Saved data entries =>
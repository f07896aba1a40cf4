//! From the text of a C program to what the program does, or its first fault.
#![tactic(auto)]

mod front;

pub use front::check_text;

#[cfg(test)]
mod tests;
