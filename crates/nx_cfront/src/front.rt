ghost use Rattle.std.specs.Prelude.{◌≡◌, ◌≤◌, ◌⊎◌, length, Ok, Err};
ghost use Rattle.nx_checked.specs.declared.checked.Checked.{Checked as Program};
ghost use Rattle.nx_cfront.specs.Checks.{HasProgram, IsTextChecked};

use nx_calls::CallRow;
use nx_cfile::parse_text;
use nx_cfilecheck::check;
use nx_checked::Checked;
use nx_ctok::CFault;
use std::alloc::Global;

/// What the text of a C program of up to 1,048,576 bytes does by a call table, or its first fault:
/// first those of its tokens, then of its grammar (C11 section 6.9), then of its types and names.
pub fn check_text(alloc: Global, rows: &[CallRow], text: &[u8]) -> Result<Checked, CFault>
    requires { length text.now ≤ 1048576 }
    // An answer is the text's: the program of its tree, or its first fault.
    ensures read { IsTextChecked rows.now text.now result }
    // A text that is a well-typed file is accepted, unless memory runs out.
    ensures all { (p : Program) → HasProgram rows.now text.now p → (result ≡ Ok p) ⊎ (result ≡ Err CFault.Memory) }
{
    match parse_text(alloc, text) {
        Err(fault) => Err(fault),
        Ok(tree) => check(alloc, rows, &tree),
    }
}
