//! What bounds the tables of the kernel, as laws over its calls, its choices and its ends.
#![tactic(auto)]

mod laws;

pub use laws::{
    groups_are_no_more_than_threads, nothing_leads_nowhere, numbers_bound_what_is_kept,
    tables_keep_their_places, time_is_bounded_by_moments, what_is_kept_is_short,
};
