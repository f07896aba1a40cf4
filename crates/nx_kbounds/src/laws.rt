ghost use Rattle.nx_kbounds.specs.Counts.{IsFew, IsTimely};
ghost use Rattle.nx_kbounds.specs.Shortness.{IsShort};
ghost use Rattle.nx_kbounds.specs.Leading.{BootIsLed, CallsStayLed, ChoicesStayLed, EndsStayLed, DescriptionsAreFew};
ghost use Rattle.nx_kbounds.specs.Laws.{CallsKeep, ChoicesKeep, EndsKeep, BootTakesPlaces, CallsTakeNone, ChoicesTakeNone, EndsTakeNone, BootIsFew, GroupsAreFew, BootIsTimely, BootIsShort};

/// A law: each table keeps the places that boot gave it, so none ever takes memory. Boot gives as
/// many slots as there may be threads, so many places for groups and for messages that wait to be
/// sent, 32 descriptors and descriptions for each, and as many places for files, queues and
/// semaphores as there may be objects.
pub fn tables_keep_their_places()
    ensures boot { BootTakesPlaces }
    ensures call { CallsTakeNone }
    ensures choice { ChoicesTakeNone }
    ensures end { EndsTakeNone }
{}

/// A law: of the numbers that were given, at most 65,535, each is of at most one live thread or
/// thread's value that is kept, of at most one live group or group that ended, and of at most one
/// child's code that is kept. So a table of 65,535 has room for each of these. The moments are no
/// more than twice the calls and one, less the threads that wait.
pub fn numbers_bound_what_is_kept()
    ensures boot { BootIsFew }
    ensures call { CallsKeep IsFew }
    ensures choice { ChoicesKeep IsFew }
    ensures end { EndsKeep IsFew }
{}

/// A law: there are no more live groups than live threads, and no more of these than slots.
pub fn groups_are_no_more_than_threads()
    ensures { GroupsAreFew }
{}

/// A law: time and deadlines grow by less than 2^31 ticks with each moment and with each lateness
/// that is used, of which there are at most 4,096, each below 2^31.
pub fn time_is_bounded_by_moments()
    ensures boot { BootIsTimely }
    ensures call { CallsKeep IsTimely }
    ensures choice { ChoicesKeep IsTimely }
    ensures end { EndsKeep IsTimely }
{}

/// A law: what is kept of texts is short: paths of at most 255 bytes, arguments and values of
/// variables of at most 260, names of variables and semaphores of at most 32, files of at most
/// 4,194,304, at most 64 messages of 4,096 bytes in a queue, and no more on the console than it has
/// room for.
pub fn what_is_kept_is_short()
    ensures boot { BootIsShort }
    ensures call { CallsKeep IsShort }
    ensures choice { ChoicesKeep IsShort }
    ensures end { EndsKeep IsShort }
{}

/// A law: nothing leads to what isn't there, where each path of a file or queue leads to one that
/// lives. Open descriptors are of live groups, and lead to descriptions that stand; each description
/// has a descriptor; files, queues and semaphores that descriptions lead to, and queues and
/// semaphores that threads wait for, stand. So there are no more descriptions than 32 for each live
/// group.
pub fn nothing_leads_nowhere()
    ensures boot { BootIsLed }
    ensures call { CallsStayLed }
    ensures choice { ChoicesStayLed }
    ensures end { EndsStayLed }
    ensures few { DescriptionsAreFew }
{}
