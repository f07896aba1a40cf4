use super::*;
use nx_calls::{Calls, read_calls};
use nx_checked::Checked;
use nx_config::read_config;
use nx_ctok::{CFault, CKind};
use std::alloc::{AllocError, Global};

const MOST_BYTES: usize = 1_048_576;

const TABLE: &str = "\"write\",\"h\",\"\",\"int\",\"int\",\"const void *\",\"size_t\"
\"read\",\"h\",\"\",\"int\",\"int\",\"void *\",\"size_t\"
\"unlink\",\"h\",\"\",\"int\",\"const char *\"
\"nx_thread\",\"h\",\"\",\"int\",\"int\",\"int\"
\"waitpid\",\"h\",\"\",\"int\",\"int\",\"int *\",\"int\"
\"nx_thread_exit\",\"h\",\"\",\"void\",\"int\"
";

fn table(alloc: Global) -> Result<Calls, CFault> {
    if TABLE.len() > MOST_BYTES {
        return Err(CFault::Memory);
    }
    let config = read_config(alloc, b"".as_slice()).map_err(|_| CFault::Memory)?;
    read_calls(alloc, TABLE.as_bytes(), &config).map_err(|_| CFault::Memory)
}

fn program(alloc: Global, text: &str) -> Result<Checked, CFault> {
    if text.len() > MOST_BYTES {
        return Err(CFault::Memory);
    }
    let calls = table(alloc)?;
    check_text(alloc, calls.rows(), text.as_bytes())
}

/// The fault by which a text is refused, if it is.
fn refusal(alloc: Global, text: &str) -> Option<CFault> {
    program(alloc, text).err()
}

/// A fault at a line.
fn at(line: u32, kind: CKind) -> Option<CFault> {
    Some(CFault::Text { line, kind })
}

/// Text, some text so many times, and text.
fn repeated(
    alloc: Global,
    start: &str,
    part: &str,
    times: u32,
    end: &str,
) -> Result<String, AllocError> {
    let mut text = String::from_str(alloc, start)?;
    for _ in 0..times {
        text.push_str(part)?;
    }
    text.push_str(end)?;
    Ok(text)
}

#[test]
fn one_text_of_each_kind(rt: HostRuntime) {
    for (text, line, kind) in [
        ("int main(void) {", 1, CKind::Syntax),
        ("int main(void) { return zz; }", 1, CKind::UnknownName),
        ("int a;\nint a;", 2, CKind::NameTwice),
        (
            "int main(void) { char *p; return p; }",
            1,
            CKind::TypeMismatch,
        ),
        ("int x = 4294967296;", 1, CKind::TooWide),
        ("int f(void) { return 0; }", 0, CKind::NoMain),
        ("int main(void) { return 0; }\n@", 2, CKind::BadToken),
        ("int a[262145];", 1, CKind::Limit),
    ] {
        assert_eq!(rt; refusal(rt.alloc(), text), at(line, kind), "{text}");
    }
}

#[test]
fn texts_that_are_programs(rt: HostRuntime) {
    for text in [
        "int main(void) { if (1) if (0) return 1; else return 2; return 3; }",
        "int main() { return 0; }",
        "int main(void) { write(1, \"hello\\n\", 6); return 0; }",
        "int f(int a, int *p, char *q, const char *t) { return a + *p + *q + t[1]; }
int main(void) { int n; char c[4]; n = 1; return f(n, (int *)0, c, \"abc\"); }",
        "int g; int g2[3] = {1, -2, 'a'}; char t[4] = \"abc\"; static char h = 'h';
int main(void) { g = h; g2[0] += t[1]; h = 511; return g; }",
        "int f(void); int main(void) { return f(); } int f(void) { return 1; }",
        "int run(int n) { nx_thread_exit(n); return 0; }
int main(void) { return nx_thread(run, 3); }",
        "int run(int n) { return n; }
int main(void) { int s[1]; char b[9]; nx_thread(run, 3); read(0, b, 9); return waitpid(2, s, 0); }",
        "int write(int a) { return a; } int main(void) { return write(1); }",
        "int main(void) { char *p; char b[2]; p = b; p++; p += 1; p = 1 + p - 2; return p[0] ? 1 : 2; }",
    ] {
        assert_eq!(rt; refusal(rt.alloc(), text), None, "{text}");
    }
}

/// The name or declaration that is refused begins the second line.
#[test]
fn names(rt: HostRuntime) {
    for (text, kind) in [
        ("int main(void) { return\nx; }", CKind::UnknownName),
        ("int main(void) {\nf(1); return 0; }", CKind::UnknownName),
        (
            "int main(void) { int a =\nb, b; return 0; }",
            CKind::UnknownName,
        ),
        (
            "int f(void) { return\ng; } int g; int main(void) { return 0; }",
            CKind::UnknownName,
        ),
        ("int main(void) { return\nwrite; }", CKind::UnknownName),
        ("int f(int a) { int\na; return 0; }", CKind::NameTwice),
        ("int f(int a,\nint a) { return 0; }", CKind::NameTwice),
        ("int x;\nvoid x(void) { }", CKind::NameTwice),
        (
            "int f(void) { return 0; }\nint f(void) { return 0; }",
            CKind::NameTwice,
        ),
        ("int x;\nchar x[2];", CKind::NameTwice),
    ] {
        assert_eq!(rt; refusal(rt.alloc(), text), at(2, kind), "{text}");
    }
}

/// What is refused begins the second line.
#[test]
fn types_of_expressions(rt: HostRuntime) {
    for text in [
        "int f(char *p) { return\np * 2; }",
        "int f(char *p) { return\n-p; }",
        "int f(char *p) { return\n!p; }",
        "int f(int n) { return\n*n; }",
        "int f(int n) { return\nn[0]; }",
        "int f(int *p, char *q) { if (1)\np = q; return 0; }",
        "int f(const char *t) { char *q;\nq = t; return 0; }",
        "int f(const char *t) {\n*t = 1; return 0; }",
        "int f(const char *t) {\nt[0] = 1; return 0; }",
        "int f(int *p, char *q) { return *(\n1 ? p : q); }",
        "int f(int *p) {\np *= 2; return 0; }",
        "int f(int *p) { return f(p) +\nf(1); }",
        "int f(int *p) { return f(p) +\nf(p, p); }",
        "void g(void) { } int f(void) { return\ng() + 1; }",
        "int f(void) { return\nf; }",
        "int f(char *p, int i) { return\ni[p]; }",
        "int f(void) {\nunlink(1); return 0; }",
        "int f(void) { const char *t;\nread(0, t, 1); return 0; }",
        "int f(void) { char *p;\nwaitpid(1, p, 0); return 0; }",
        "int f(void) {\nnx_thread(1, 2); return 0; }",
        "void g(int n) { } int f(void) {\nnx_thread(g, 2); return 0; }",
    ] {
        assert_eq!(rt;
            refusal(rt.alloc(), text),
            at(2, CKind::TypeMismatch),
            "{text}"
        );
    }
}

/// What is refused begins the second line.
#[test]
fn types_of_statements_and_declarations(rt: HostRuntime) {
    for text in [
        "int f(char *p) {\nif (p) ; return 0; }",
        "int f(char *p) {\nwhile (p) ; return 0; }",
        "int f(char *p) {\nfor (; p; ) ; return 0; }",
        "int f(void) {\nreturn; }",
        "void f(void) {\nreturn 1; }",
        "int f(void) { char\n*a[2]; return 0; }",
        "int f(void) { int\na[0]; return 0; }",
        "int f(void) { const char\nc; return 0; }",
        "\nint a[0];",
        "\nchar c[2] = \"abc\";",
        "\nint a[1] = {1, 2};",
        "\nint a[4] = \"abc\";",
        "\nchar f(void) { return 0; }",
        "\nvoid main(void) { }",
        "\nint main(int n) { return 0; }",
        "int f(void) { return 0; }\nvoid f(void);",
        "int f(int a) { return 0; }\nint f(char *a);",
        "\nint f(const char *a); int f(char *a) { return 0; }",
    ] {
        assert_eq!(rt;
            refusal(rt.alloc(), text),
            at(2, CKind::TypeMismatch),
            "{text}"
        );
    }
}

/// Of the faults of a text the first pass that finds one counts.
#[test]
fn passes_in_order(rt: HostRuntime) {
    for (text, line, kind) in [
        ("int main(void) { return x; }\nint ;\n@", 3, CKind::BadToken),
        ("int main(void) { return x; }\nint ;\n", 2, CKind::Syntax),
        (
            "int main(void) { return x; }\nint f(char *p) { return p; }\n",
            1,
            CKind::UnknownName,
        ),
        ("char *a[0] =\n1;", 1, CKind::Syntax),
        (
            "int f(void) {\nint a[300000]; return b; }",
            2,
            CKind::UnknownName,
        ),
    ] {
        assert_eq!(rt; refusal(rt.alloc(), text), at(line, kind), "{text}");
    }
}

#[test]
fn limits(rt: HostRuntime) -> Result<(), AllocError> {
    let a = rt.alloc();
    for (text, line) in [
        (
            "int f(int a, int b, int c, int d, int e, int g,\nint h) { return 0; }",
            2,
        ),
        ("int a[262144];\nint b;", 2),
        ("\nint f(void) { int a[262144]; return 0; }", 2),
    ] {
        assert_eq!(rt; refusal(a, text), at(line, CKind::Limit), "{text}");
    }
    let named = repeated(a, "int ", "n", 64, "; int main(void) { return 0; }")?;
    assert_eq!(rt; refusal(a, named.as_str()), None);
    let longer = repeated(a, "\nint ", "n", 65, "; int main(void) { return 0; }")?;
    assert_eq!(rt; refusal(a, longer.as_str()), at(2, CKind::Limit));
    Ok(())
}
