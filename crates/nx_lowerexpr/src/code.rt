ghost use Rattle.std.specs.Prelude.{◌≡◌, [], ◌∷◌, ◌<◌, ◌-◌, suc, length, slice_set, OnOk};

use nx_slot::SlotOp;
use std::alloc::{AllocError, Global};
use std::marker::Model;

/// Slot code that is written from its end, so that each jump knows what it passes. Contracts see the operations, the
/// first one first.
#[derive(Drop)]
pub struct Code {
    ops: Vec<SlotOp>,
}

impl Model for Code {
    ghost use Rattle.std.specs.Prelude.{List, reverse};
    ghost use Rattle.nx_slot.specs.declared.op.SlotOp.{SlotOp};

    ghost Value = { List SlotOp };

    ghost view = { λ c. reverse c.ops.items };
}

impl Code {
    /// No operations. This takes no memory.
    pub fn new(alloc: Global) -> Code
        ensures { result ≡ [] }
    {
        Code {
            ops: Vec::new(alloc),
        }
    }

    /// How many there are.
    pub fn len(&self) -> usize
        ensures { result ≡ length self.now }
    {
        self.ops.len()
    }

    /// Puts an operation before the others.
    pub fn put(&mut self, op: SlotOp) -> Result<(), AllocError>
        ensures { OnOk result (self.new ≡ op ∷ self.old) }
    {
        self.ops.push(op)?;
        Ok(())
    }

    /// Writes the operation that so many follow.
    pub fn patch(&mut self, behind: usize, op: SlotOp)
        requires { behind < length self.old }
        ensures { self.new ≡ slice_set self.old (length self.old - suc behind) op }
    {
        self.ops[behind] = op;
    }

    /// The operations, the first one first.
    pub fn into_ops(self) -> Vec<SlotOp>
        ensures { result.items ≡ self }
    {
        let Code { ops } = self;
        let mut ops = ops;
        ops.as_mut_slice().reverse();
        ops
    }
}
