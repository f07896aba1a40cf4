use super::*;

#[test]
fn takes_the_form_of_a_run(rt: HostRuntime) {
    let found = form(&["run", "c", "t", "s", "p=a=b"]);
    assert!(rt; matches!(found, Some(CommandWords::Run(_))));
    if let Some(CommandWords::Run(found)) = found {
        assert_eq!(rt; found.config, "c");
        assert_eq!(rt; found.calls, "t");
        assert_eq!(rt; found.script, "s");
        assert_eq!(rt; found.name, "p");
        assert_eq!(rt; found.file, "a=b");
    }
    assert!(rt; form(&["run", "", "t", "s", "p=a"]).is_some());
    assert!(rt; form(&["run", "c", "t", "s", "abcdefghabcdefghabcdefgh_BCD0123=a"]).is_some());
}

#[test]
fn takes_the_form_of_a_listing(rt: HostRuntime) {
    let found = form(&["gates", "c", "t"]);
    assert!(rt; matches!(found, Some(CommandWords::Gates(_))));
    if let Some(CommandWords::Gates(found)) = found {
        assert_eq!(rt; found.config, "c");
        assert_eq!(rt; found.calls, "t");
    }
    assert!(rt; form(&["gates", "", ""]).is_some());
    assert!(rt; form(&["gates", "-", "c=--x"]).is_some());
}

#[test]
fn refuses_other_words(rt: HostRuntime) {
    assert!(rt; form(&[]).is_none());
    assert!(rt; form(&["run", "c", "t", "s"]).is_none());
    assert!(rt; form(&["run", "c", "t", "s", "p=a", "q=b"]).is_none());
    assert!(rt; form(&["walk", "c", "t", "s", "p=a"]).is_none());
    assert!(rt; form(&["run", "--x", "t", "s", "p=a"]).is_none());
    assert!(rt; form(&["gates"]).is_none());
    assert!(rt; form(&["gates", "c"]).is_none());
    assert!(rt; form(&["gates", "c", "t", "s"]).is_none());
    assert!(rt; form(&["gates", "--build=flat", "t"]).is_none());
    assert!(rt; form(&["gates", "c", "--"]).is_none());
    assert!(rt; form(&["Gates", "c", "t"]).is_none());
    assert!(rt; form(&["--help"]).is_none());
    let words: [&str; 7] = [
        "p",
        "p=",
        "=a",
        "p-q=a",
        "p=x.hex",
        "p=.hex",
        "abcdefghabcdefghabcdefghabcdefgh0=a",
    ];
    for word in words {
        assert!(rt; form(&["run", "c", "t", "s", word]).is_none(), "{word}");
    }
}
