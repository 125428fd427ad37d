// Replies in words.
// Each program has its own words for a reply.
use jobs::declaration::Declaration;
use jobs::job_fault::JobFault;
use std::io;

fn refused(rt: HostRuntime, fault: JobFault) -> io::Result<()> {
    let number = fault.number();
    match fault.named() {
        Some(bay) => println!(rt; "is refused with {number}: bay {bay} holds the item"),
        None => println!(rt; "is refused with {number}"),
    }
}

pub fn answered(rt: HostRuntime, reply: Result<(), JobFault>) -> io::Result<()> {
    match reply {
        Ok(()) => println!(rt; "is accepted"),
        Err(fault) => refused(rt, fault),
    }
}

pub fn value(rt: HostRuntime, reply: Result<u32, JobFault>) -> io::Result<()> {
    match reply {
        Ok(value) => println!(rt; "gives {value}"),
        Err(fault) => refused(rt, fault),
    }
}

pub fn ticked(rt: HostRuntime, reply: Result<Declaration, JobFault>) -> io::Result<()> {
    match reply {
        Ok(Declaration { grade, number }) => println!(rt;
            "    the clock declares version {number} at grade {grade}"
        ),
        Err(fault) => refused(rt, fault),
    }
}
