// The scene as calls by number: a release by the maker, orders by the two rivals, and the auditor's look at both.
// Steps are data: a scene leaves out those of the class that keeps silent, which a closure would not name.
use crate::diamond_order::{AUDITOR, LEFT, MAKER, RIGHT};

#[derive(Clone, Copy)]
pub enum Action {
    Begin,
    // Of a class, an item.
    Read(u8, u8),
    // To an item of the own class, a value.
    Write(u8, u32),
    Commit,
}

#[derive(Clone, Copy)]
pub enum Step {
    // A class, a bay of it, and what it asks there.
    By(u8, u8, Action),
    Tick,
}

// The maker's items. A rival's one item is how many probes it orders.
const FIRMWARE: u8 = 0;

const LAYOUT: u8 = 1;

const ORDERED: u8 = 0;

pub static RELEASE: [Step; 5] = [
    Step::By(MAKER, 0, Action::Begin),
    Step::By(MAKER, 0, Action::Write(FIRMWARE, 41)),
    Step::By(MAKER, 0, Action::Write(LAYOUT, 3)),
    Step::By(MAKER, 0, Action::Commit),
    Step::Tick,
];

pub static READING: [Step; 4] = [
    Step::By(LEFT, 0, Action::Begin),
    Step::By(RIGHT, 0, Action::Begin),
    Step::By(LEFT, 0, Action::Read(MAKER, FIRMWARE)),
    Step::By(RIGHT, 0, Action::Read(MAKER, FIRMWARE)),
];

pub static WATCHING: [Step; 2] = [
    Step::By(LEFT, 0, Action::Read(RIGHT, ORDERED)),
    Step::By(RIGHT, 0, Action::Read(LEFT, ORDERED)),
];

pub static ORDERING: [Step; 8] = [
    Step::By(LEFT, 0, Action::Write(ORDERED, 120)),
    Step::By(RIGHT, 0, Action::Write(ORDERED, 75)),
    Step::By(LEFT, 1, Action::Begin),
    Step::By(LEFT, 1, Action::Read(LEFT, ORDERED)),
    Step::By(LEFT, 0, Action::Commit),
    Step::By(RIGHT, 0, Action::Commit),
    Step::By(LEFT, 1, Action::Commit),
    Step::Tick,
];

pub static AUDIT: [Step; 5] = [
    Step::By(AUDITOR, 0, Action::Begin),
    Step::By(AUDITOR, 0, Action::Read(MAKER, FIRMWARE)),
    Step::By(AUDITOR, 0, Action::Read(LEFT, ORDERED)),
    Step::By(AUDITOR, 0, Action::Read(RIGHT, ORDERED)),
    Step::By(AUDITOR, 0, Action::Commit),
];
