// A short session, carried through the contracts of the calls: what they promise is all that its laws are shown from.
ghost use Rattle.std.specs.Prelude.{[], IfOk};
ghost use Rattle.jobs.specs.CallLaws.{StandsAfter};
ghost use Rattle.register_parts.specs.CheckedCounts.{said};
ghost use Rattle.jobs.specs.SetUp.{counts_for};
ghost use Rattle.diamond_register.specs.Session.{RepliesDefined, LeadsThrough, Carries};
ghost use Rattle.diamond_register.specs.SetUp.{SetUpFilled};

use cells::value::Value;
use jobs::class_setup::ClassSetup;
use jobs::declaration::Declaration;
use jobs::job_fault::JobFault;
use jobs::memory::Memory;
use jobs::register::Register;
use jobs::setup_fault::SetUpFault;
use orders::class_order::ClassOrder;
use rules::local_rule::LocalRule;

// The replies to the calls of a session, in their order.
#[derive(Drop)]
pub struct Replies<V> {
    pub begun: Result<(), JobFault>,
    pub written: Result<(), JobFault>,
    pub committed: Result<(), JobFault>,
    pub ticked: Result<Declaration, JobFault>,
    pub opened: Result<(), JobFault>,
    pub read: Result<V, JobFault>,
    pub watched: Result<V, JobFault>,
}

// A register and the memory that it needs, both fresh: they stand after the empty history.
pub fn set_up<O: ClassOrder + Drop, V: Value, R: LocalRule + Drop>(
    order: O,
    records: &[ClassSetup],
    variant: u8,
    memory: &mut Memory<'_, V, R>,
) -> Result<Register<O>, SetUpFault>
    ensures reply { SetUpFilled (O.ClassOrder) (V.Value) (R.LocalRule) order variant (counts_for (O.ClassOrder.classes order) (said records.now)) memory.old result memory.new }
    ensures laws { IfOk result (λ x. StandsAfter (O.ClassOrder) (V.Value) (R.LocalRule) [] x memory.new) }
{
    let register = Register::new(order, records, variant)?;
    register.fill(memory)?;
    Ok(register)
}

// Class 0 publishes a value; class 1 reads it, and then asks for the item of its rival. Classes, bays, items and the kind of job stand
// as the numbers that the definition of the session has.
pub fn session<O: ClassOrder, V: Value, R: LocalRule>(
    register: &mut Register<O>,
    memory: &mut Memory<'_, V, R>,
    value: V,
) -> Replies<V>
    ensures reply { RepliesDefined (O.ClassOrder) (V.Value) (R.LocalRule) value result register.old memory.old }
    ensures state { LeadsThrough (O.ClassOrder) (V.Value) (R.LocalRule) value result register.old memory.old register.new memory.new }
    ensures laws { Carries (O.ClassOrder) (V.Value) (R.LocalRule) value result register.old memory.old register.new memory.new }
{
    let begun = register.begin(memory, 0, 0, 0);
    let written = register.write(memory, 0, 0, 0, Some(value));
    let committed = register.commit(memory, 0, 0);
    let ticked = register.tick(memory);
    let opened = register.begin(memory, 1, 0, 0);
    let read = register.read(memory, 1, 0, 0, 0);
    let watched = register.read(memory, 1, 0, 2, 0);
    Replies {
        begun,
        written,
        committed,
        ticked,
        opened,
        read,
        watched,
    }
}
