//! A register over a class order and a local rule of one's own: two rivals order probes, and neither learns of the other.
#![tactic(auto)]

mod diamond_order;
mod diamond_session;
mod replies;
mod scene;
mod session;
mod steps;

use cells::cell::Cell;
use diamond_order::{DiamondOrder, LEFT, RIGHT};
use diamond_session::{diamond_session, records};
use exclusive_rule::exclusive::Exclusive;
use jobs::memory::Memory;
use replies::value;
use rules::local_rule::LocalRule;
use scene::Scene;
use session::set_up;
use std::io;
use steps::{AUDIT, ORDERING, READING, RELEASE, WATCHING};

// All parts of a scene, on a fresh register.
fn play(
    rt: HostRuntime,
    mut memory: Memory<'_, u32, Exclusive>,
    silent: Option<u8>,
) -> io::Result<()> {
    match set_up(DiamondOrder, &records(), 0, &mut memory) {
        Ok(register) => {
            let mut scene = Scene {
                rt,
                register,
                memory,
                silent,
            };
            scene.part("The maker releases firmware 41 with layout 3.", &RELEASE)?;
            scene.part("The rivals read it.", &READING)?;
            scene.part(
                "Each asks for the other's order: it is not below.",
                &WATCHING,
            )?;
            scene.part("Each orders probes.", &ORDERING)?;
            scene.part("The auditor reads both orders.", &AUDIT)
        }
        Err(fault) => println!(rt; "the register is not set up: number {}", fault.number()),
    }
}

// The session whose contract says how it comes out.
fn promised(rt: HostRuntime, memory: &mut Memory<'_, u32, Exclusive>) -> io::Result<()> {
    match diamond_session(memory, 41) {
        Ok(played) => {
            print!(rt; "    the left rival's read of the release ")?;
            value(rt, played.1.read)?;
            print!(rt; "    the left rival's read of the right one's order ")?;
            value(rt, played.1.watched)
        }
        Err(fault) => println!(rt; "the register is not set up: number {}", fault.number()),
    }
}

fn main(rt: HostRuntime) -> io::Result<()> {
    let Some(rule) = Exclusive::fresh(0) else {
        return println!(rt; "no such variant");
    };
    // Without a heap the arrays live where they are lent.
    let mut cells = [Cell::<u32>::starting(); 5];
    let mut pending = [0u32; 256];
    let mut rules = [rule; 4];
    for (title, silent) in [
        ("Both rivals act:", None),
        (
            "The right rival keeps silent, and the left is told the same:",
            Some(RIGHT),
        ),
        (
            "The left rival keeps silent, and the right is told the same:",
            Some(LEFT),
        ),
    ] {
        println!(rt; "{title}")?;
        let memory = Memory {
            cells: &mut cells,
            pending: &mut pending,
            rules: &mut rules,
        };
        play(rt, memory, silent)?;
    }
    println!(rt; "A session whose contract says how it comes out:")?;
    let mut memory = Memory {
        cells: &mut cells,
        pending: &mut pending,
        rules: &mut rules,
    };
    promised(rt, &mut memory)
}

Exercise => All lines in the preceding records that hold the word "gives" need to be copied.

The completed task =>
/// A law: each table keeps the places that boot gave it, so none ever takes memory. Boot gives as
        Ok(value) => println!(rt; "gives {value}"),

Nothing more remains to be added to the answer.